Two conducting and concentric thin spherical shells of radii $a$ and $b$,$(b > a)$ have charges ${q_1}$ and ${q_2}$ ​ respectively. Now if the inner shell is earthed then the final charge on this shell will be
(a) $\dfrac{{{q_2}{a^2}}}{{{b^2}}}$
(b) $\dfrac{{ - {q_2}a}}{b}$
(c) $\dfrac{{({q_1} - {q_2})}}{2}$
(d) $- \dfrac{{{q_2}b}}{a}$

Answer 1

they have given the two thin conducting and concentric shell of radii $a$ and $b$,$(b > a)$ now here we have to find the final charge on the given shell if the inner shell is earthed first we have to draw a diagram as per my knowledge it is just like gauss law which one of the fundamental Maxwell's equation which describes the relation of the electric field on a Gaussian surface and the total charge enclosed in it.

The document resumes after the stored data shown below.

//! The layout of the gates: a slot for each entry, and a gate behind the last.
ghost use Rattle.std.specs.Prelude.{◌≡◌, ◌++◌, ◌∷◌, []};
ghost use Rattle.gate_log.specs.Slots.{eight_bytes};

/// The byte of an open gate.
pub const OPEN: u8 = 1;

/// The byte that a gate is closed with. Each byte but that of an open gate is closed.
pub const CLOSED: u8 = 0;

/// How many bytes a gate has.
pub const GATE_BYTES: u64 = 1;

/// How many bytes a length has.
pub const LENGTH_BYTES: usize = 8;

/// How many bytes a sum has.
pub const SUM_BYTES: usize = 16;

// What stands between the gate of an entry and the closed gate behind it, and that gate, in the first version.
#[tactic(auto, unfolding(crate::specs::Slots::eight_bytes))]
pub fn closed_slot(end: u64) -> [u8; 9]
    ensures { result ≡ eight_bytes end ++ 0 ∷ [] }
{
    let [a, b, c, d, e, f, g, h] = end.to_be_bytes();
    [a, b, c, d, e, f, g, h, CLOSED]
}

// The same in the second version.
pub fn closed_slot_with_sum(end: u64, sum: [u8; SUM_BYTES]) -> [u8; 25]
    ensures { result ≡ eight_bytes end ++ sum ++ 0 ∷ [] }
{
    let length = end.to_be_bytes();
    let mut slot = [CLOSED; 25];
    slot[..LENGTH_BYTES].copy_from_slice(&length);
    slot[LENGTH_BYTES..LENGTH_BYTES + SUM_BYTES].copy_from_slice(&sum);
    slot
}
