//! What has come of a stream, between two bytes.

ghost use Rattle.std.specs.Prelude.{◌≡◌, ◌≤◌, ◌<◌, ◌+◌, ◌++◌, ◌∷◌, [], ◌^◌, length, take, drop, slice_index, Option, Some};
ghost use Rattle.std.specs.Prelude.{None, Ok, Err, IfOk, IfSome, OnErr, true, false, if◌then◌else◌};
ghost use Rattle.md5.specs.Md5.{md5};
ghost use Rattle.node_base.specs.declared.limits.TheConstants.{PATH_BYTES};
ghost use Rattle.dump_text.specs.Streams.{StreamIs, Reads, Refuses, begin, fresh_by, behind_version, spent, has_failed};
ghost use Rattle.dump_text.specs.Streams.{give, whole_text, text_is};
ghost use Rattle.dump_text.specs.Streams.{after_block, content, judged, line_is, reading, sum_holds, is_line_place};
ghost use Rattle.dump_text.specs.Streams.{is_failed, is_between, kept, path_bytes, given_bytes, of_prop_fault, of_text_fault, GoesOn, NoLf};
ghost use Rattle.dump_text.specs.Streams.{IsFront};
ghost use Rattle.dump_text.specs.declared.form.Stage.TheVariants.{First};
ghost use Rattle.dump_text.specs.declared.state.Place.TheVariants as at;

use crate::fault::DumpFault;
use crate::form::{
    Stage, delta_from, gives_delta, has_form, has_small_lengths, has_sum_of_lengths, is_delta,
    part_from, record_from, stage_behind,
};
use crate::head::Head;
use crate::header::version_in;
use crate::held::HeldBytes;
use crate::record::{DumpRecord, PropPart, TextPart};
use md5::{Digest, Md5};
use memchr::memchr;
use node_base::limits::LINE_BYTES;
use node_base::{BlockReader, NodePath, PropFault, Text, TextFault};
use std::alloc::Global;
use std::mem;

/// What is awaited.
#[derive(Clone, Copy)]
pub enum Place {
    /// The version line.
    Version,
    /// The empty line behind it.
    Blank,
    /// A record's first header line, or an empty line.
    Between,
    /// A further header line, or the empty line behind the headers.
    Header,
    /// A property block.
    Block,
    /// A text of so many bytes, or the delta that gives one.
    Text(u64),
    /// Nothing: bytes were refused.
    Failed,
}

/// What has come of a stream, between two bytes.
#[derive(Drop)]
pub struct ReadState {
    /// The format's number that the first line gave, 0 before.
    pub version: u8,
    pub place: Place,
    pub stage: Stage,
    pub head: Head,
    pub block: BlockReader,
    /// What the block gave of properties, where a text is awaited behind it.
    pub props: Option<PropPart>,
    /// The bytes of an unfinished line or text.
    pub held: HeldBytes,
}
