//! The device calls that begin a log.
ghost use Rattle.std.specs.Prelude.{◌≡◌, ◌≢◌, ◌⊎◌, ◌<◌, [], IfErr, OnOk, OnErr};
ghost use Rattle.std.specs.Prelude.{IsErrOf};
ghost use Rattle.fleet_disk.specs.Image.{no_bytes};
ghost use Rattle.fleet_disk.specs.Rules.{Only};
ghost use Rattle.gate_log.specs.Device.{ActsFor, EndsSafe, Leaves, Turns};
ghost use Rattle.gate_log.specs.Looks.{Looks};
ghost use Rattle.gate_log.specs.Standing.{IsAtRest, IsBlank, IsJustBegun};
ghost use Rattle.gate_log.specs.declared.fault.LogFault.TheVariants.{DeviceFailed, ThereAlready};
ghost use Rattle.gate_log.specs.declared.version.LogVersion.TheVariants.{Second};

use crate::fault::LogFault;
use crate::reads::length_of;
use crate::slots::CLOSED;
use fleet_disk::{Disk, DiskFile};

// Writes the first gate of `slots`, closed, on a disk of empty files, and syncs. A disk with something on it stays as
// it is.
pub fn begin<D: Disk>(disk: &mut D) -> Result<(), LogFault>
    ensures empty { D.honest disk.old → OnOk result (D.reads disk.old ≡ no_bytes) }
    ensures at_rest { Turns D.Disk disk.old disk.new result (λ old. IsAtRest Second []) }
    ensures durable { EndsSafe D.Disk disk.old disk.new result }
    ensures files { Turns D.Disk disk.old disk.new result (λ old. IsJustBegun) }
    ensures any_moment { D.honest disk.old → Only no_bytes (D.may_leave disk.old)
        → Leaves D.Disk disk.old disk.new IsBlank }
    ensures there { D.honest disk.old → IsErrOf result ThereAlready → D.reads disk.old ≢ no_bytes }
    ensures looks { D.honest disk.old → D.reads disk.old ≢ no_bytes
        → OnErr result (Looks D.Disk disk.old disk.new) }
    ensures acts { ActsFor D.Disk disk.old disk.new result }
    ensures no_other { IfErr result (λ e. (e ≡ DeviceFailed) ⊎ (e ≡ ThereAlready)) }
{
    let journal = length_of(disk, DiskFile::Journal)?;
    let gate = length_of(disk, DiskFile::Gate)?;
    let slots = length_of(disk, DiskFile::Slots)?;
    if journal > 0 || gate > 0 || slots > 0 {
        return Err(LogFault::ThereAlready);
    }
    disk.write_at(DiskFile::Slots, 0, &[CLOSED])?;
    disk.sync()?;
    Ok(())
}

Complete step by Step solution:

The inner conducting and concentric thin spherical shell is grounded
Therefore the potential $V$ will be $0$
Also the potential at the inner spherical is given by
$V = \dfrac{{K{Q_1}}}{a} + \dfrac{{K{Q_2}}}{b}$
In the earlier as we taken the potential $V$ will be $0$ that is $V = 0$ substitute it in the above equation
$0 = \dfrac{{K{Q_1}}}{a} + \dfrac{{K{Q_2}}}{b}$
Here in the above equation we can see that $K$ is constant so take it outside
Then the equation can be written as
$0 = K\left( {\dfrac{{{Q_1}}}{a} + \dfrac{{{Q_2}}}{b}} \right)$
Here $K$ is a constant so its value will be $1$then
$0 = \left( {\dfrac{{{Q_1}}}{a} + \dfrac{{{Q_2}}}{b}} \right)$
Now we want the value of ${Q_1}$so take the whole term outside then the equation will be
$- \dfrac{{{Q_1}}}{a} = \dfrac{{{Q_2}}}{b}$
Now we want only the value of ${Q_1}$ so shift $a$ to the R.H.S then we get
$- {Q_1} = \dfrac{{{Q_2}a}}{b}$
Therefore ${Q_1} = - \dfrac{{{Q_2}a}}{b}$
Therefore the final charge on this shell ${Q_1} = - \dfrac{{{Q_2}a}}{b}$

Hence the correct answer is option (d)

Note: Electric potential is the amount of work needed to move a unit charge from a source point to a particular point against an electric field. Typically, the source point is Earth, although any point beyond the influence of the electric field charge can be used.